§ **TASK OBJECTIVE**: Would you reproduce the entries that follow exactly as they appear?

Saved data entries
// The activation block: how it is made of readings, whether it is of n of them, and whether its sums are the sums of
// its 32s.
ghost use Rattle.std.specs.Prelude.{◌≡◌, ◌+◌, ◌≤◌, ◌<◌, true, ◌+ℤ◌, length};
ghost use Rattle.memory.specs.Lists.{table};
ghost use Rattle.dots_activation.specs.Whole.{elem, Within};
ghost use Rattle.dots_activation.specs.Inner.{pair_of, PairsWithin, sum_of_pairs};
ghost use Rattle.dots_activation.specs.Blocks.{quant_at, sums_of, zeros_past, count_serves, sums_right, SmallSums};
ghost use Rattle.dots_activation.specs.Blocks.{block_with, block_of, block_says};

use refusals::Refusal;

// One float scale, 256 signed quants, eight sums of 32, and how many readings it was made of. It is made by
// `block_with` and read by the block dots.
#[derive(Clone, Copy)]
pub struct Q8Block {
    pub d: f32,
    pub qs: [i8; 256],
    pub bsums: [i32; 8],
    pub count: usize,
}

// The sum of quants i and 16 + i, in 16 bits.
fn pair(qs: &[i8; 256], i: usize) -> i16
    requires { i < 240 }
    ensures { (result ≡ elem qs.now i +ℤ elem qs.now (16 + i)) × Within 256 result }
{
    qs[i] as i16 + qs[16 + i] as i16
}

// The quants in pairs, the two halves of each sub-block side by side. One pair of each sub-block a turn: eight streams,
// which are vectors.
fn pairs(qs: &[i8; 256]) -> [i16; 128]
    ensures { (result ≡ table (pair_of (elem qs.now)) 128) × PairsWithin 256 result }
{
    let mut t = [0i16; 128];
    for l in 0..16usize {
        t[l] = pair(qs, l);
        t[16 + l] = pair(qs, 32 + l);
        t[32 + l] = pair(qs, 64 + l);
        t[48 + l] = pair(qs, 96 + l);
        t[64 + l] = pair(qs, 128 + l);
        t[80 + l] = pair(qs, 160 + l);
        t[96 + l] = pair(qs, 192 + l);
        t[112 + l] = pair(qs, 224 + l);
    }
    t
}

// The sum of the 16 pairs of sub-block j, at most 4,096 in size.
fn sum_of_32(pairs: &[i16; 128], j: usize) -> i16
    requires { PairsWithin 256 pairs.now × (j < 8) }
    ensures { (result ≡ sum_of_pairs pairs.now j) × Within 4096 result }
{
    let low = 16 * j;
    let high = low + 8;
    let mut s: i16 = 0;
    for l in 0..8usize {
        s += pairs[low + l] + pairs[high + l];
    }
    s
}

fn sums_of(qs: &[i8; 256]) -> [i32; 8]
    ensures { result ≡ sums_of qs.now }
{
    let t = pairs(qs);
    let mut sums = [0i32; 8];
    for j in 0..8usize {
        sums[j] = sum_of_32(&t, j) as i32;
    }
    sums
}

// Whether the eight sums are the sums of the quants' 32s.
pub fn sums_right(qs: &[i8; 256], bsums: &[i32; 8]) -> bool
    ensures { (result ≡ sums_right qs.now bsums.now)
        × (result ≡ true → SmallSums bsums.now) }
{
    let t = pairs(qs);
    for j in 0..8usize {
        if sum_of_32(&t, j) as i32 != bsums[j] {
            return false;
        }
    }
    true
}

// Whether every quant from n on is 0. All are looked at, a vector at a time.
fn zeros_past(qs: &[i8; 256], n: usize) -> bool
    requires { n ≤ 256 }
    ensures { result ≡ zeros_past qs.now n }
{
    let mut zeros = true;
    for &q in &qs[n..] {
        if q != 0 {
            zeros = false;
        }
    }
    zeros
}

// Whether a block of `count` readings serves n places, n above 256 taken as 256: of a full block no quant is looked at.
#[tactic(auto, unfolding(crate::specs::Blocks::count_serves))]
pub fn count_serves(qs: &[i8; 256], count: usize, n: usize) -> bool
    ensures { result ≡ count_serves qs.now count n }
{
    if n.min(256) != count {
        return false;
    }
    zeros_past(qs, count)
}

// The quants of the readings, and 0 past them.
fn quants_of(x: &[f32], inverse: f32) -> [i8; 256]
    requires { length x.now ≤ 256 }
    ensures { result ≡ table (quant_at x.now inverse) 256 }
{
    let mut qs = [0i8; 256];
    for i in 0..x.len() {
        qs[i] = readings::round_q8(x[i] * inverse);
    }
    qs
}

// The block of a scale, quants and a count: every block is made here.
fn block_with(d: f32, qs: [i8; 256], count: usize) -> Q8Block
    ensures { result ≡ block_with d qs count }
{
    let bsums = sums_of(&qs);
    Q8Block {
        d,
        qs,
        bsums,
        count,
    }
}

// The block of at most 256 readings.
#[tactic(auto, unfolding(crate::specs::Blocks::block_of))]
pub fn quantized_block(x: &[f32]) -> Q8Block
    requires { length x.now ≤ 256 }
    ensures { result ≡ block_of x.now }
{
    let d = readings::scale_q8(x);
    block_with(d, quants_of(x, readings::inverse_of(d)), x.len())
}

// The block of the readings. Refuses 4 for more than 256 of them.
#[tactic(auto, unfolding(crate::specs::Blocks::block_says, refusals::specs::Refusals::given))]
pub fn quantize_block_q8(x: &[f32]) -> Result<Q8Block, Refusal>
    ensures { result ≡ block_says x.now }
{
    if x.len() > 256 {
        return Err(Refusal::ReadingsShort);
    }
    Ok(quantized_block(x))
}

§ **RESPONSE BELOW**:
// The activation block: how it is made of readings, whether it is of n of them, and whether its sums are the sums of
// its 32s.
ghost use Rattle.std.specs.Prelude.{◌≡◌, ◌+◌, ◌≤◌, ◌<◌, true, ◌+ℤ◌, length};
ghost use Rattle.memory.specs.Lists.{table};
ghost use Rattle.dots_activation.specs.Whole.{elem, Within};
ghost use Rattle.dots_activation.specs.Inner.{pair_of, PairsWithin, sum_of_pairs};
ghost use Rattle.dots_activation.specs.Blocks.{quant_at, sums_of, zeros_past, count_serves, sums_right, SmallSums};
ghost use Rattle.dots_activation.specs.Blocks.{block_with, block_of, block_says};

use refusals::Refusal;

// One float scale, 256 signed quants, eight sums of 32, and how many readings it was made of. It is made by
// `block_with` and read by the block dots.
#[derive(Clone, Copy)]
pub struct Q8Block {
    pub d: f32,
    pub qs: [i8; 256],
    pub bsums: [i32; 8],
    pub count: usize,
}

// The sum of quants i and 16 + i, in 16 bits.
fn pair(qs: &[i8; 256], i: usize) -> i16
    requires { i < 240 }
    ensures { (result ≡ elem qs.now i +ℤ elem qs.now (16 + i)) × Within 256 result }
{
    qs[i] as i16 + qs[16 + i] as i16
}

// The quants in pairs, the two halves of each sub-block side by side. One pair of each sub-block a turn: eight streams,
// which are vectors.
fn pairs(qs: &[i8; 256]) -> [i16; 128]
    ensures { (result ≡ table (pair_of (elem qs.now)) 128) × PairsWithin 256 result }
{
    let mut t = [0i16; 128];
    for l in 0..16usize {
        t[l] = pair(qs, l);
        t[16 + l] = pair(qs, 32 + l);
        t[32 + l] = pair(qs, 64 + l);
        t[48 + l] = pair(qs, 96 + l);
        t[64 + l] = pair(qs, 128 + l);
        t[80 + l] = pair(qs, 160 + l);
        t[96 + l] = pair(qs, 192 + l);
        t[112 + l] = pair(qs, 224 + l);
    }
    t
}

// The sum of the 16 pairs of sub-block j, at most 4,096 in size.
fn sum_of_32(pairs: &[i16; 128], j: usize) -> i16
    requires { PairsWithin 256 pairs.now × (j < 8) }
    ensures { (result ≡ sum_of_pairs pairs.now j) × Within 4096 result }
{
    let low = 16 * j;
    let high = low + 8;
    let mut s: i16 = 0;
    for l in 0..8usize {
        s += pairs[low + l] + pairs[high + l];
    }
    s
}

fn sums_of(qs: &[i8; 256]) -> [i32; 8]
    ensures { result ≡ sums_of qs.now }
{
    let t = pairs(qs);
    let mut sums = [0i32; 8];
    for j in 0..8usize {
        sums[j] = sum_of_32(&t, j) as i32;
    }
    sums
}

// Whether the eight sums are the sums of the quants' 32s.
pub fn sums_right(qs: &[i8; 256], bsums: &[i32; 8]) -> bool
    ensures { (result ≡ sums_right qs.now bsums.now)
        × (result ≡ true → SmallSums bsums.now) }
{
    let t = pairs(qs);
    for j in 0..8usize {
        if sum_of_32(&t, j) as i32 != bsums[j] {
            return false;
        }
    }
    true
}

// Whether every quant from n on is 0. All are looked at, a vector at a time.
fn zeros_past(qs: &[i8; 256], n: usize) -> bool
    requires { n ≤ 256 }
    ensures { result ≡ zeros_past qs.now n }
{
    let mut zeros = true;
    for &q in &qs[n..] {
        if q != 0 {
            zeros = false;
        }
    }
    zeros
}

// Whether a block of `count` readings serves n places, n above 256 taken as 256: of a full block no quant is looked at.
#[tactic(auto, unfolding(crate::specs::Blocks::count_serves))]
pub fn count_serves(qs: &[i8; 256], count: usize, n: usize) -> bool
    ensures { result ≡ count_serves qs.now count n }
{
    if n.min(256) != count {
        return false;
    }
    zeros_past(qs, count)
}

// The quants of the readings, and 0 past them.
fn quants_of(x: &[f32], inverse: f32) -> [i8; 256]
    requires { length x.now ≤ 256 }
    ensures { result ≡ table (quant_at x.now inverse) 256 }
{
    let mut qs = [0i8; 256];
    for i in 0..x.len() {
        qs[i] = readings::round_q8(x[i] * inverse);
    }
    qs
}

// The block of a scale, quants and a count: every block is made here.
fn block_with(d: f32, qs: [i8; 256], count: usize) -> Q8Block
    ensures { result ≡ block_with d qs count }
{
    let bsums = sums_of(&qs);
    Q8Block {
        d,
        qs,
        bsums,
        count,
    }
}

// The block of at most 256 readings.
#[tactic(auto, unfolding(crate::specs::Blocks::block_of))]
pub fn quantized_block(x: &[f32]) -> Q8Block
    requires { length x.now ≤ 256 }
    ensures { result ≡ block_of x.now }
{
    let d = readings::scale_q8(x);
    block_with(d, quants_of(x, readings::inverse_of(d)), x.len())
}

// The block of the readings. Refuses 4 for more than 256 of them.
#[tactic(auto, unfolding(crate::specs::Blocks::block_says, refusals::specs::Refusals::given))]
pub fn quantize_block_q8(x: &[f32]) -> Result<Q8Block, Refusal>
    ensures { result ≡ block_says x.now }
{
    if x.len() > 256 {
        return Err(Refusal::ReadingsShort);
    }
    Ok(quantized_block(x))
}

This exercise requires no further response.